У клуба даже в десятом часу вечера пустынно не было. Доносилась стрельба, пусть и редкая. На стоянке расположилась тройка машин. Фонари по периметру хорошо высвечивали окружающую территорию, да так, что, наверно, было светлее, чем днем.
— Добрый вечер, Юрий Владимирович, — поприветствовал меня старший охранник. — На объекте всё спокойно. Без нарушений.
Вот за что нравится работать со служивыми, так это за их субординацию. Вроде и стоит передо мной суровый мужик, под сорок, а всё же здоровается по имени отчеству, без всяких натяжек.
Обменявшись с ним парой слов, вышел на стрельбище. Сейчас здесь работало две группы. На первой линии стоял Палыч с Уваровым и в работе у них был какой-то явно зарубежный карабин с оптическим прицелом. Чуть дальше, через одну, уже работал инструктор. Двое пожилых мужчин пытались приноровится к «Сайге» и судя по их кислым физиономиям, получалось там не очень.
— Для четвертой стадии ты на удивление бодр, — хмыкнул Палыч, протягивая ладонь.
— Ага, — с кривой усмешкой вторил ему Уваров. — Прям Кощей Бессмертный.
— Врут, — моргнул я. — Всё врут! Никакой четвертый стадии — первая уже.
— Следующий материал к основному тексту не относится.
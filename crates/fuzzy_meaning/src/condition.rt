//! Conditions of rules.
//!
//! A contract sees a condition as a tree, wherever its parts are in memory: two conditions with the same tree are
//! equal.
ghost use Rattle.std.specs.Prelude.{◌≡◌, IfOk};
ghost use Rattle.fuzzy_meaning.specs.Conditions.{is as is_of, negation, all as all_of, any as any_of, conditions};

use std::alloc::{AllocError, Global};
use std::marker::Model;

/// A condition of a rule.
#[derive(Drop)]
#[cycle(condition)]
pub struct Condition {
    pub node: Node,
}

/// A condition's operator with its parts. `Is` names an input and one of its terms.
#[derive(Drop)]
#[cycle(condition)]
pub enum Node {
    Is(u8, u8),
    Not(Box<Condition>),
    And(Vec<Condition>),
    Or(Vec<Condition>),
}

impl Model for Condition {
    ghost use Rattle.fuzzy_meaning.specs.Conditions.{Condition as Tree};
    ghost use Rattle.fuzzy_meaning.specs.Codes.{condition_code};

    ghost Value = { Tree };

    ghost coded = { condition_code };

    ghost use Rattle.fuzzy_meaning.specs.Trees.{tree};

    ghost view = { λ c. tree c.node };

    ghost use Rattle.fuzzy_meaning.specs.Conditions.{nodes};

    ghost size = { nodes };

    ghost use Rattle.fuzzy_meaning.specs.TreeFalls.{parts_are_smaller};

    ghost size_decreases = { λ c h. parts_are_smaller c.node };
}

impl Condition {
    /// The condition that an input is one of its terms, both counted from 1.
    pub fn is(input: u8, term: u8) -> Condition
        ensures { result ≡ is_of input term }
    {
        Condition {
            node: Node::Is(input, term),
        }
    }

    /// The NOT of a condition.
    pub fn not(alloc: Global, condition: Condition) -> Result<Condition, AllocError>
        ensures { IfOk result (λ c. c ≡ negation condition) }
    {
        let condition = Box::new(alloc, condition)?;
        Ok(Condition {
            node: Node::Not(condition),
        })
    }

    /// The AND of conditions. In a valid block there is at least one.
    pub fn all(parts: Vec<Condition>) -> Condition
        ensures { result ≡ all_of (conditions parts.items) }
    {
        Condition {
            node: Node::And(parts),
        }
    }

    /// The OR of conditions. In a valid block there is at least one.
    pub fn any(parts: Vec<Condition>) -> Condition
        ensures { result ≡ any_of (conditions parts.items) }
    {
        Condition {
            node: Node::Or(parts),
        }
    }
}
— В смысле? — аж завис Уваров. — Как так?
— Особенности измененного организма, — пожал плечами.
— Вот как, — прикрыл на несколько секунд глаза Уваров. — Рад. Извините. Курну пойду.
Проводив взглядом сгорбившегося мужика, с немым вопросом во взгляде повернулся к Палычу.
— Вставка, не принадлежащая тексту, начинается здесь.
//! Laws of runs.
ghost use Rattle.alone_runs.specs.Answering.{AnswersUnderPlans, FirmwareRunsBeside, FirstStatesAgree, FirstStatesAlike};
ghost use Rattle.alone_runs.specs.Following.{RunsFollowAlone, RunsFollowBeside};
ghost use Rattle.alone_runs.specs.Given.{PlansAreInOrder, RequestsAreGood};
ghost use Rattle.alone_runs.specs.OpenBytes.{GivenLeavesOpen, StepsLeaveOpen};

use crate::form::AloneForm;
use alone_code::laws::{
    answered_are_uninterrupted, firmware_answers, firmware_answers_beside, firmware_arrives_alike,
};
use cpu12_emul::laws::{step_agrees, wavr_goes_on};
use cpu12_isa::laws::writes_stay;
use cpu12_parts::laws::wav_suspends;
use firmware_runs::laws::{answers_are_values, given_is_put, instructions_are_steps};
use run_forms::laws::arrives_plainly;
use run_law::laws::{runs_follow, taken_at_once};

/// The run of a firmware that stands alone follows the run without interrupts under every good plan, if each state
/// of the latter keeps the facts of [`FactsAlone`]: its answers and its counts of instructions and steps are the
/// same, its resumed counts and frames are read off the states without interrupts, and each of its states is the
/// same except for the bytes that plans may write, the stack below SP, and WAV's sums between an interrupt and
/// their pull.
///
/// [`FactsAlone`]: the record of that name in the crate's specifications
pub fn runs_follow_alone()
    ensures { RunsFollowAlone }
{
    runs_follow_beside();
    requests_are_good();
    taken_at_once();
}

/// The same whatever else is open in addition to the free bytes.
pub fn runs_follow_beside()
    ensures { RunsFollowBeside }
{
    runs_follow::<AloneForm>();
}

/// The firmware of a block, of either width, answers every list of samples under every good plan as it does
/// without interrupts: each row is that of its sample, its answers and its number of instructions are the
/// uninterrupted ones, which are the block's over bytes, and its steps are those without interrupts, all within
/// the bounds; the states without interrupts keep the facts; and the run follows them.
pub fn answers_under_plans()
    ensures { AnswersUnderPlans }
{
    instructions_are_steps();
    given_is_put();
    arrives_plainly();
    answers_are_values();
    firmware_answers();
    answered_are_uninterrupted();
    runs_follow_alone();
}

/// The requests of each sample of a good plan are good, and their moments ascend.
pub fn requests_are_good()
    ensures { RequestsAreGood }
{}

/// The requests of a good plan are in order.
pub fn plans_are_in_order()
    ensures { PlansAreInOrder }
{}

/// The firmware of a block answers all samples without interrupts, each within its bound of steps, and each state
/// keeps the facts, whatever bytes outside its code, its data, the stack and the reset vector are open to
/// handlers.
pub fn firmware_runs_beside()
    ensures { FirmwareRunsBeside }
{
    instructions_are_steps();
    given_is_put();
    arrives_plainly();
    firmware_answers_beside();
}

/// From reset over a memory that is a firmware's except for open bytes, it first waits in the same state except
/// for these, which are as they were.
pub fn first_states_alike()
    ensures { FirstStatesAlike }
{
    arrives_plainly();
    firmware_arrives_alike();
}

/// Such a state is the first one except for what is hidden.
pub fn first_states_agree()
    ensures { FirstStatesAgree }
{}

/// A step of a run under interrupts leaves what is open to handlers unchanged, and so does the push of the sums.
pub fn steps_leave_open()
    ensures { StepsLeaveOpen }
{
    step_agrees();
    wavr_goes_on();
    writes_stay();
    wav_suspends();
}

/// A sample leaves what is open to handlers unchanged, if its bytes and READY are not open.
pub fn given_leaves_open()
    ensures { GivenLeavesOpen }
{
    writes_stay();
}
— Жена у него от рака умерла, — тяжело вздохнул тот. — Сейчас у младшей дочери лейкоз. Уже больше года борется, но шансы сам понимаешь.
Что-либо говорить не хотелось. Материться тоже. Только взгляд увел вверх, к чистому небу, на котором задорно подмигивали россыпи звезд.
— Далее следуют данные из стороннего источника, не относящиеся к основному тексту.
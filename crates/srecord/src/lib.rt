//! Images of memory as S-records.
//!
//! [`write`] returns the records of an image: a header, the bytes by ascending addresses, their count, and the
//! start. Each record of bytes takes as many adjacent bytes as there are, up to 32. [`read`] returns the image
//! that a text gives, or exactly the text's first fault. What is written reads back as the same image.
#![tactic(auto)]

mod fault;
mod fields;
pub mod laws;
mod lines;
mod pieces;
mod reader;
mod records;
mod writer;

pub use fault::SrecFault;
pub use reader::read;
pub use writer::write;
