//! Laws of the definitions.
ghost use Rattle.srecord.specs.Laws.{EachTextIsJudged, FaultsAreOne, ImagesAreOne, ImagesHaveFewRecords};
ghost use Rattle.srecord.specs.Laws.{ImagesHaveNoFault, ImagesHaveTexts, ImageTextsAreOne};

/// A text gives at most one image, and then it has no fault.
pub fn images_are_one()
    ensures one { ImagesAreOne }
    ensures no_fault { ImagesHaveNoFault }
{}

/// A text has at most one first fault.
pub fn faults_are_one()
    ensures { FaultsAreOne }
{}

/// An image has at most 32768 records of bytes, so their number always fits into its record.
pub fn images_have_few_records()
    ensures { ImagesHaveFewRecords }
{}

/// Each text gives an image or has a fault.
pub fn each_text_is_judged()
    ensures { EachTextIsJudged }
{}

/// An image has at most one text of records.
pub fn image_texts_are_one()
    ensures { ImageTextsAreOne }
{}

/// Bytes of memory at ascending addresses have a text of records with each start.
pub fn images_have_texts()
    ensures { ImagesHaveTexts }
{}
Бывает такое, что решил для себя что-то и кажется, будто ничто не способно изменить твоё решение. А потом жизнь такая: «Подержите-ка моё пиво». И начинает возюкать тебя мордой по коричневой массе, при этом с наслаждением комментируя всё это в мельчайших подробностях.
— Секунду, Палыч, — кивнул я ему и отходя немногим в сторону, достал телефон.
Так, книга контактов, нужная фамилия, ага. Трубку Плисецкий поднял только на девятом гудке. Я уже хотел, было, нажать отбой, но с той стороны ответили.
— Да, слушаю, — раздался немного усталый голос.
— Завтра с утра буду в клинике, — сказал я спокойно.
— Понял, — и голос вот совсем не повеселевший. — Спасибо.
Нажав отбой, я убрал телефон назад в карман и снова бросил взгляд на небо. В конце концов, всего лишь день. Ничего страшного ведь не случится. Правда?